* Collected data entries:
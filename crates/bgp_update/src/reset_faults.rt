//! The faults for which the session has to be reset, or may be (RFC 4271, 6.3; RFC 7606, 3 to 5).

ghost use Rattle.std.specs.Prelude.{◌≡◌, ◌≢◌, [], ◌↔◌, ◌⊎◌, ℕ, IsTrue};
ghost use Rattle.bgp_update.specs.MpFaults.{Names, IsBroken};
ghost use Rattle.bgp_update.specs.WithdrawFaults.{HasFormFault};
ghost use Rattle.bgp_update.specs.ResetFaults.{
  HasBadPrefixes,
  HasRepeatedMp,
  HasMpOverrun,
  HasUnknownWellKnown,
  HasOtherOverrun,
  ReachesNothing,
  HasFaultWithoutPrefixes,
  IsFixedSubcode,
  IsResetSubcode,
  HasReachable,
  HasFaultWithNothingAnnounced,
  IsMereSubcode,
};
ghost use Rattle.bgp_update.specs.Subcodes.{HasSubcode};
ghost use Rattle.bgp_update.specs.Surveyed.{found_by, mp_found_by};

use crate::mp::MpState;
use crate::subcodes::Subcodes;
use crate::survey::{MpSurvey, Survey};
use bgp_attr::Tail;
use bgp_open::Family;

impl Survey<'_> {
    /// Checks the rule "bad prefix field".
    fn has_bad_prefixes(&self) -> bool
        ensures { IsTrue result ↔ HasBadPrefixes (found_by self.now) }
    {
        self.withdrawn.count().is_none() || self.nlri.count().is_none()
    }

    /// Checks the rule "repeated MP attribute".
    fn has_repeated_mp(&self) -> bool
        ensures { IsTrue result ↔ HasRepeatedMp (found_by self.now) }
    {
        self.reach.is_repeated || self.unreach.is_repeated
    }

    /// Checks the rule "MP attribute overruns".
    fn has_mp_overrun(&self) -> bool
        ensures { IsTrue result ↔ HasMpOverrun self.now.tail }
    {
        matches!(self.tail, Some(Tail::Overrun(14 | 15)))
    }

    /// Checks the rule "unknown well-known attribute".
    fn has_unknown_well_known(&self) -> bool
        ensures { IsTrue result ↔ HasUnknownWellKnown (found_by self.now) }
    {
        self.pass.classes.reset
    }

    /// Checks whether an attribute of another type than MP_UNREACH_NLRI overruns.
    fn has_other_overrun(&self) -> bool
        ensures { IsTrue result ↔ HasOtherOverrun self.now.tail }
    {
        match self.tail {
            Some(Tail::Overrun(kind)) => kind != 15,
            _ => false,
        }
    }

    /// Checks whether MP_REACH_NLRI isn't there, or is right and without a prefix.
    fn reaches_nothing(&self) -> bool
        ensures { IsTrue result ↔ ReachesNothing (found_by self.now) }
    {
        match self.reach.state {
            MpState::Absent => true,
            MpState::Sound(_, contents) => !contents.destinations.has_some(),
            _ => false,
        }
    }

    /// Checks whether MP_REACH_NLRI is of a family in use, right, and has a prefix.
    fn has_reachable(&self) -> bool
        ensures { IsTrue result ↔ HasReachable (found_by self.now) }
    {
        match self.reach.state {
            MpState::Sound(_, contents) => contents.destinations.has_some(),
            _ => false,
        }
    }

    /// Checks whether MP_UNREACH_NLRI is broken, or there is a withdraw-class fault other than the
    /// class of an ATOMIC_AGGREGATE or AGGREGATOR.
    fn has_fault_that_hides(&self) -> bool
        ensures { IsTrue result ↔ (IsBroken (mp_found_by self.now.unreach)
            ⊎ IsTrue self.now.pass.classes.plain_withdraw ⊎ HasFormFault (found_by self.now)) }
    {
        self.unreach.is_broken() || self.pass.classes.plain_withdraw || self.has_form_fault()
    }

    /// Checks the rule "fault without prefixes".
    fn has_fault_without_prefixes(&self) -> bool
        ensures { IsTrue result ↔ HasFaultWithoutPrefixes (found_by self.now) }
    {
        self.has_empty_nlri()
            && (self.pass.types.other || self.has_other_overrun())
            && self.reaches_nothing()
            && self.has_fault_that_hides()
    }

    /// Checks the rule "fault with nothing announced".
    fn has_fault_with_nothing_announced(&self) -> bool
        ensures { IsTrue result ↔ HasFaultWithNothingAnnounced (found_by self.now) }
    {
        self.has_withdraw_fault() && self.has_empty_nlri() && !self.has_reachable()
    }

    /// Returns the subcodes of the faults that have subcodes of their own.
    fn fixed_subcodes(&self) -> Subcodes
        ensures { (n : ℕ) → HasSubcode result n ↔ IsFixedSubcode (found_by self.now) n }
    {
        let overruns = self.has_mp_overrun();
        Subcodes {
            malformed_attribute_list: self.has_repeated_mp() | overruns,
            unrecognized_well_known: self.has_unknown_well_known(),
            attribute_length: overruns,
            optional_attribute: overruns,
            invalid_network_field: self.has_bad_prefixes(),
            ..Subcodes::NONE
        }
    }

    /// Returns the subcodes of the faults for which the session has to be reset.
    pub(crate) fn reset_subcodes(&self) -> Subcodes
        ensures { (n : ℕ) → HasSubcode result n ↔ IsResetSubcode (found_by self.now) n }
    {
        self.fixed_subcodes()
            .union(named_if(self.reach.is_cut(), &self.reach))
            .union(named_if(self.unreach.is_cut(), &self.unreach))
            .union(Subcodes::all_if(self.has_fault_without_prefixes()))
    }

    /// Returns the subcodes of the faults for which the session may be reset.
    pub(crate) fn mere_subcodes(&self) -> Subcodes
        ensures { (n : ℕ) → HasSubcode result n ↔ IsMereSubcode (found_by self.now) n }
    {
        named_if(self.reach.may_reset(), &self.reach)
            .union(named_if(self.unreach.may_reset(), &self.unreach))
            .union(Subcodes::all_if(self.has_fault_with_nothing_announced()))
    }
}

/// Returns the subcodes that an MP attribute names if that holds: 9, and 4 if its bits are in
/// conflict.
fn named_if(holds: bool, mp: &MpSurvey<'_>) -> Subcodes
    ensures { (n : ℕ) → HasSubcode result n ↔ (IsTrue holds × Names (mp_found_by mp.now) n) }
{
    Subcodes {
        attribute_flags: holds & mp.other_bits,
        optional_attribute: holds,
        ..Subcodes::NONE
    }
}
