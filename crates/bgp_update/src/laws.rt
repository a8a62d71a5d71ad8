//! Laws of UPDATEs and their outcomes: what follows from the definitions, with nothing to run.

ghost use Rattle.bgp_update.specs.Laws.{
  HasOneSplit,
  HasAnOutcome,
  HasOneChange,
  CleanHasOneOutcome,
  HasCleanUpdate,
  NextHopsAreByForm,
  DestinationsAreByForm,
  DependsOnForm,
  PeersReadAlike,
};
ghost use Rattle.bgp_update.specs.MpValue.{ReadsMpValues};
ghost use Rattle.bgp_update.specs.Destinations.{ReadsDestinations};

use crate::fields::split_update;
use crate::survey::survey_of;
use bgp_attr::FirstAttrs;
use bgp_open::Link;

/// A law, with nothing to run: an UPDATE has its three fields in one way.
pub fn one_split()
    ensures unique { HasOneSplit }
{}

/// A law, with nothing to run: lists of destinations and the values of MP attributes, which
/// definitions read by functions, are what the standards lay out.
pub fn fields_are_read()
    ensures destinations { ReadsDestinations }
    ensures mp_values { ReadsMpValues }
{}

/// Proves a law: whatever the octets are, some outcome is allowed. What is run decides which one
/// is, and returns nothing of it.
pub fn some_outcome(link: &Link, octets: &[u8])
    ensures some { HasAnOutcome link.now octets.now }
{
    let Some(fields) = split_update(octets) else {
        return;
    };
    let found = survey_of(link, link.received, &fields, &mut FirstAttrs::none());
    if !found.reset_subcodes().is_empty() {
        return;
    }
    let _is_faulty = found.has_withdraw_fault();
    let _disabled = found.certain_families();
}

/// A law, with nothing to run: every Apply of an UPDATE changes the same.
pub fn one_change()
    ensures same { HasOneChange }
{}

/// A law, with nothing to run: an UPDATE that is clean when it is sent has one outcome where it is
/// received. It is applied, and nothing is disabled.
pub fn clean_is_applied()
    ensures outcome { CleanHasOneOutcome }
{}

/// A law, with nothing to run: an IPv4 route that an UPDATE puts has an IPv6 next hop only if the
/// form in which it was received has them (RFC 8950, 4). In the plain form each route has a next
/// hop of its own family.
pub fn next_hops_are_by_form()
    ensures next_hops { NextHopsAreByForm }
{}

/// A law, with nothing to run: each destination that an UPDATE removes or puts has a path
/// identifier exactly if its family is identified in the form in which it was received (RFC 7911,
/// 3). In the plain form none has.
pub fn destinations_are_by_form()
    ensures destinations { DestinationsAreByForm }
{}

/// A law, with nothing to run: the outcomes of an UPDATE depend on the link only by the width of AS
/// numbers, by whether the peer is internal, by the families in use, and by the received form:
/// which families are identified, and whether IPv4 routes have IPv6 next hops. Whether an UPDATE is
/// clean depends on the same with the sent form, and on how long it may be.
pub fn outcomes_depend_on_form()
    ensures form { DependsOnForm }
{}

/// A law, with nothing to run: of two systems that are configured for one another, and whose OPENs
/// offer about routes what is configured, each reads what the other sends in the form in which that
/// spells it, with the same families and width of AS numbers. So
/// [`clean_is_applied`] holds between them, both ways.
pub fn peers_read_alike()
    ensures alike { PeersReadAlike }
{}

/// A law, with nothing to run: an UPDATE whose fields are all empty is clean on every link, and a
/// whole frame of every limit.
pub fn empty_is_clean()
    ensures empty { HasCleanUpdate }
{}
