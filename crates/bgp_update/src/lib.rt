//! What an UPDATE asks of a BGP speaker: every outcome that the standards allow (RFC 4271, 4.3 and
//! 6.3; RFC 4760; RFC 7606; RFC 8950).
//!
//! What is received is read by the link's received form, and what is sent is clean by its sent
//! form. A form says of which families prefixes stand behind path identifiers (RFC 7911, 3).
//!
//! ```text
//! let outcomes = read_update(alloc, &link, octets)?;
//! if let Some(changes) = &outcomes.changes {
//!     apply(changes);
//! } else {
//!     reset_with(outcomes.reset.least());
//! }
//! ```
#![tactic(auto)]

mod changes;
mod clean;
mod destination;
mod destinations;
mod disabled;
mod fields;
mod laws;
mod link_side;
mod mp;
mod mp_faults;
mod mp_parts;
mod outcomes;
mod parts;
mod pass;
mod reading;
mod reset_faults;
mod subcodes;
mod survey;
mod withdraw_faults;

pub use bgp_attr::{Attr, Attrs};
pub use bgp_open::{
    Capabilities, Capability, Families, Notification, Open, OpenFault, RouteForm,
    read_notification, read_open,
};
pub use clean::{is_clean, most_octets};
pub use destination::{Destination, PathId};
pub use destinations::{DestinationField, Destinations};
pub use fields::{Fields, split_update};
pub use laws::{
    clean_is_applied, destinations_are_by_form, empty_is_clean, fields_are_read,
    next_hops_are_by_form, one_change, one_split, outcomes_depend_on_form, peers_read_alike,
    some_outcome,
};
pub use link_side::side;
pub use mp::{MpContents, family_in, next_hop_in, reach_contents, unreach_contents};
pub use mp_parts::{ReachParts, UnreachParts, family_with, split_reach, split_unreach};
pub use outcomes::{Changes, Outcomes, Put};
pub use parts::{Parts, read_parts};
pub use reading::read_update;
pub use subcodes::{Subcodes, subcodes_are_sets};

...

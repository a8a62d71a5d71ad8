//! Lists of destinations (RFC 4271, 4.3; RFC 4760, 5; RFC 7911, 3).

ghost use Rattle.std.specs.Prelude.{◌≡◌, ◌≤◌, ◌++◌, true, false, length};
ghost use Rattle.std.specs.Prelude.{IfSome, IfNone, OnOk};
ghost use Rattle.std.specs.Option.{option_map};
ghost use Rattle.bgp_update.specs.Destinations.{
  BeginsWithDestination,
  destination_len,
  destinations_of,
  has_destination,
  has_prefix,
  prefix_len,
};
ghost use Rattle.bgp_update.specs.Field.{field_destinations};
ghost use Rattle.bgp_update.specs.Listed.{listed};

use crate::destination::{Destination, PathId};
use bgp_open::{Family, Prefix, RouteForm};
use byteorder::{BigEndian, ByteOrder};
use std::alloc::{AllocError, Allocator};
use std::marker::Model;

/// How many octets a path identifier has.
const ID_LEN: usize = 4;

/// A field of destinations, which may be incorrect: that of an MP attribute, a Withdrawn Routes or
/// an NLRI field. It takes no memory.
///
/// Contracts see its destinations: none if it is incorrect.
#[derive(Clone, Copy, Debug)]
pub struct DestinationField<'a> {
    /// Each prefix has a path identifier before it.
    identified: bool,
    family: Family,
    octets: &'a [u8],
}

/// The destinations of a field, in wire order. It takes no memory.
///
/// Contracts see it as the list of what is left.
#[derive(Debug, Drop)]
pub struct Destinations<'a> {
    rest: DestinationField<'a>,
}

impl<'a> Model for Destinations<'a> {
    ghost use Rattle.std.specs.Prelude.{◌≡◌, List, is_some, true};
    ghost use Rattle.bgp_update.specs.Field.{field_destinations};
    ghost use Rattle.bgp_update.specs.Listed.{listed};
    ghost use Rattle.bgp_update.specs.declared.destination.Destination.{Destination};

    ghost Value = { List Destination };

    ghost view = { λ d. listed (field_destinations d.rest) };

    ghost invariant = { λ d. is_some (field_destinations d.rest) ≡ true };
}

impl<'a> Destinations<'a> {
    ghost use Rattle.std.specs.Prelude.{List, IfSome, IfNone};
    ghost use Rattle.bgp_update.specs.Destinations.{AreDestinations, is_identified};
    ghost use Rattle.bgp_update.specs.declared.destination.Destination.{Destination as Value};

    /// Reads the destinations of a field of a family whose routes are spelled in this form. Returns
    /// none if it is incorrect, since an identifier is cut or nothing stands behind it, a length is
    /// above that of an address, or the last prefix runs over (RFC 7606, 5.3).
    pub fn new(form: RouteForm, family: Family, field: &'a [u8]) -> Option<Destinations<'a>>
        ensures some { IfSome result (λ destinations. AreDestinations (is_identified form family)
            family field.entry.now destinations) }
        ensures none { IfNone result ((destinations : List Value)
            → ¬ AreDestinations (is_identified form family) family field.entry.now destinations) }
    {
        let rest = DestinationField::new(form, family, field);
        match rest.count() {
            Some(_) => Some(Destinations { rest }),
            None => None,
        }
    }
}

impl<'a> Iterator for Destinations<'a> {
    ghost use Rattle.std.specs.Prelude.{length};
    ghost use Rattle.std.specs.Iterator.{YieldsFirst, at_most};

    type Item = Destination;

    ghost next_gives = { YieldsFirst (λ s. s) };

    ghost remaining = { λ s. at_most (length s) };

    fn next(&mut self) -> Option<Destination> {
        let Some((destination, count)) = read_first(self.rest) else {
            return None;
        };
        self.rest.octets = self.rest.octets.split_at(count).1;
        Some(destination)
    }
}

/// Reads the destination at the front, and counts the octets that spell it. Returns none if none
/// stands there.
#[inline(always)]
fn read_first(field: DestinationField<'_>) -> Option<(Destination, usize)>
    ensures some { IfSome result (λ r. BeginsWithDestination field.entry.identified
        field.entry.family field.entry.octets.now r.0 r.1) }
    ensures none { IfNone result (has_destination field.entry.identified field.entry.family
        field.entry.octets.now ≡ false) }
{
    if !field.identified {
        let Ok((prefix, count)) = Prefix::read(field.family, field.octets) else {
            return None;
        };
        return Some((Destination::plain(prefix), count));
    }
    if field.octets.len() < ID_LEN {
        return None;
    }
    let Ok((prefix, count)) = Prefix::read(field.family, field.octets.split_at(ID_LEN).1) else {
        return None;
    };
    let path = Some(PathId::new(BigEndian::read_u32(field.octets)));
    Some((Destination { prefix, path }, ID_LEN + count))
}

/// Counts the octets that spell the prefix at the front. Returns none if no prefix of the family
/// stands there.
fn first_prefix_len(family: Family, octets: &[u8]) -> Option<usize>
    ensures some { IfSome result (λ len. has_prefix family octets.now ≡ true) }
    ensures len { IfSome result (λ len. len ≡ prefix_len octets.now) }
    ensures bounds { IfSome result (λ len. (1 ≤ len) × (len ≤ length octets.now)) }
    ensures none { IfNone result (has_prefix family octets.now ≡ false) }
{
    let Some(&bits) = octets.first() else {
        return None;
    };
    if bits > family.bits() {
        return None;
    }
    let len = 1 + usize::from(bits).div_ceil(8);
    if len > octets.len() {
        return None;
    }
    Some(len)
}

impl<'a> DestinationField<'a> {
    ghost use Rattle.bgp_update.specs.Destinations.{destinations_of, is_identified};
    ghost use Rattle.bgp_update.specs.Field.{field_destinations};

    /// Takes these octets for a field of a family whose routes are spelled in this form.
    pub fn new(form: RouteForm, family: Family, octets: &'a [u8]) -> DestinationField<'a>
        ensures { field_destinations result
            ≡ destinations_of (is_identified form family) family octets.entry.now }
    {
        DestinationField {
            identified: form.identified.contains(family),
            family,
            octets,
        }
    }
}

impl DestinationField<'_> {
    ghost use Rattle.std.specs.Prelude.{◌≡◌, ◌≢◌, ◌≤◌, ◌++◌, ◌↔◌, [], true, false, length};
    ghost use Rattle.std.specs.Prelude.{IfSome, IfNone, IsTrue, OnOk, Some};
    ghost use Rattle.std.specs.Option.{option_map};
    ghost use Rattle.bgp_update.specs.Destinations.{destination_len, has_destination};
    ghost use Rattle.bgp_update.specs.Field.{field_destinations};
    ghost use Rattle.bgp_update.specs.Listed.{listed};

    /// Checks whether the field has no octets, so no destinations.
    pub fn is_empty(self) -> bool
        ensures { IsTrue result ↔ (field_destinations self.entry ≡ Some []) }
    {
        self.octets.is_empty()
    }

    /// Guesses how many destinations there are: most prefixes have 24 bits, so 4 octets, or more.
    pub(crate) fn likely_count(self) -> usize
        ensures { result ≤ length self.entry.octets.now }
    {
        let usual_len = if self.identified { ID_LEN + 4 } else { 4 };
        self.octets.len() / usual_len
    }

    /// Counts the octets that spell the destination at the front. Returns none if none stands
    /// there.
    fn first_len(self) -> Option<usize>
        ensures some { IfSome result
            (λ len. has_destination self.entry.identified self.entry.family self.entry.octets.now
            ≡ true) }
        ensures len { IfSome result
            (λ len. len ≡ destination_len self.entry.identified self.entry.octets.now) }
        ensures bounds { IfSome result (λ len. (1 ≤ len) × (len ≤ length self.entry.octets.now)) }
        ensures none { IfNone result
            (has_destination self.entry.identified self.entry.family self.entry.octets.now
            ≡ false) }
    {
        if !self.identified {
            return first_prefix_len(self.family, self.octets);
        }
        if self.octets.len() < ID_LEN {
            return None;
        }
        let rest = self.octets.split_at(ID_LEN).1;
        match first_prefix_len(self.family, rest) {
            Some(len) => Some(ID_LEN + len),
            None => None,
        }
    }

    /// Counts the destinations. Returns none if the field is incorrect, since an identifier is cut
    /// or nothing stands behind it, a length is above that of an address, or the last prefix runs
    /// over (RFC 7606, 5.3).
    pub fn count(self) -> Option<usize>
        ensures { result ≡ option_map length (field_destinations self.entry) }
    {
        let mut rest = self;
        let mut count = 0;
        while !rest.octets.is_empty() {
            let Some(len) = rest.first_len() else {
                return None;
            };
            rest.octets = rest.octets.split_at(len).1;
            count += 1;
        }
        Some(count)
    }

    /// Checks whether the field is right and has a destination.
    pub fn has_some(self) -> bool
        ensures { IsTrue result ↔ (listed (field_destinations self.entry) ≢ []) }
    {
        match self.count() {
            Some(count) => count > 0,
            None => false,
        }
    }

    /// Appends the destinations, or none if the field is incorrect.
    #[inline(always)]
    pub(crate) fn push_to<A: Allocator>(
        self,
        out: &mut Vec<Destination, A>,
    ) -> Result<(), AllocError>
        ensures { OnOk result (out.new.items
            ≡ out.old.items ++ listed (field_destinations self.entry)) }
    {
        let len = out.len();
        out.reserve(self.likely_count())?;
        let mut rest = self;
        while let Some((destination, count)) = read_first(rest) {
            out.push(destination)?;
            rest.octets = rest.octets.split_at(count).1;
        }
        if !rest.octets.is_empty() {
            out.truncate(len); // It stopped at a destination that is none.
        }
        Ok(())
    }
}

==

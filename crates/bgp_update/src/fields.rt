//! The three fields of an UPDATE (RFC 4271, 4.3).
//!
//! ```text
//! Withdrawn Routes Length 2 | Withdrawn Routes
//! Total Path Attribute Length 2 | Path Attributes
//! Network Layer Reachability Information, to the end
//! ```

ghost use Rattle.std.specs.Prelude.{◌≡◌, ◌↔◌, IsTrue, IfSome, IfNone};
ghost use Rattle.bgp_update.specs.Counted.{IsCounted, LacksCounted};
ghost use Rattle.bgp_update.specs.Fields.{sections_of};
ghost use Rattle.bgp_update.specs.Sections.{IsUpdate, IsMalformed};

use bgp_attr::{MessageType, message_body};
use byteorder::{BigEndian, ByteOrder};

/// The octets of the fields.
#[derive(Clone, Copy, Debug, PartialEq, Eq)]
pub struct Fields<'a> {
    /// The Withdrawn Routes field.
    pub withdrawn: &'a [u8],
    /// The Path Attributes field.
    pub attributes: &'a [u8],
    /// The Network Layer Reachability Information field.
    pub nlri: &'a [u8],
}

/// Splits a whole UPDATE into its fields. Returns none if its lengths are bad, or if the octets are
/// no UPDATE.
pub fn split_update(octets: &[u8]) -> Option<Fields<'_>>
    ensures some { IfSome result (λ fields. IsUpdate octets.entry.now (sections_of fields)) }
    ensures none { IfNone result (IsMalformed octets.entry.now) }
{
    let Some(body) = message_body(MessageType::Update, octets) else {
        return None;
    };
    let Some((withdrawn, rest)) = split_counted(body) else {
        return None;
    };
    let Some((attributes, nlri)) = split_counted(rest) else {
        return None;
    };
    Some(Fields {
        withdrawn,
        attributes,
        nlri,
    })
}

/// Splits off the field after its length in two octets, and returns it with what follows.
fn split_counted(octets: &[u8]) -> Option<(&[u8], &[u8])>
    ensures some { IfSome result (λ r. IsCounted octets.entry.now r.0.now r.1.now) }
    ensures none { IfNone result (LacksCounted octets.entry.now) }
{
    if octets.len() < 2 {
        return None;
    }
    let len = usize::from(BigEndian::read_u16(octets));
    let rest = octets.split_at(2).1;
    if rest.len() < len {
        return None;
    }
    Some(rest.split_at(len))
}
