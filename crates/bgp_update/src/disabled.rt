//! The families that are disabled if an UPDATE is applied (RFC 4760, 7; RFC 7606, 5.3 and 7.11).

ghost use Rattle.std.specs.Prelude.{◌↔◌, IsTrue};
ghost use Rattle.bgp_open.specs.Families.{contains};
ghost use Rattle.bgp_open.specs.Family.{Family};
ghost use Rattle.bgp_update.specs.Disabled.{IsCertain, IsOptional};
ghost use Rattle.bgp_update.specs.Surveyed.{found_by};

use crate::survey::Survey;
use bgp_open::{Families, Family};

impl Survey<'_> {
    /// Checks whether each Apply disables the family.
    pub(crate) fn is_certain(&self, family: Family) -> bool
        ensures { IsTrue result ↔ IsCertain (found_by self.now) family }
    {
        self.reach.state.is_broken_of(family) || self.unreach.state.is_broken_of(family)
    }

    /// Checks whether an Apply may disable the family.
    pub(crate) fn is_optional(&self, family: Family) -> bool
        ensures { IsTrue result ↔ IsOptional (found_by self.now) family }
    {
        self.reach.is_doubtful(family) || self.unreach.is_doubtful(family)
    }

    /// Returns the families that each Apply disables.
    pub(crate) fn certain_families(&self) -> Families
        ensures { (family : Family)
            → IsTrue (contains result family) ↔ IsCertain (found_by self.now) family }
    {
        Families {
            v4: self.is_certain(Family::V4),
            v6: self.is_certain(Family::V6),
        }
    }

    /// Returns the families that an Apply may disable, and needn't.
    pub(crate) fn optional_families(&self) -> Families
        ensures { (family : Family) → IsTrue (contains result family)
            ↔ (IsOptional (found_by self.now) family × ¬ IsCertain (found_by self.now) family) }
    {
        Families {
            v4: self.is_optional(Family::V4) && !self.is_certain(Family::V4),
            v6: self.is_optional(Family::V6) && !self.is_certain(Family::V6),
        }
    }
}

* WORK ITEM: What is needed is every line from the data above that includes the string "have", copied out.

* EXERCISE SOLUTION:
    /// Returns the subcodes of the faults that have subcodes of their own.
/// which families are identified, and whether IPv4 routes have IPv6 next hops. Whether an UPDATE is
    /// Guesses how many destinations there are: most prefixes have 24 bits, so 4 octets, or more.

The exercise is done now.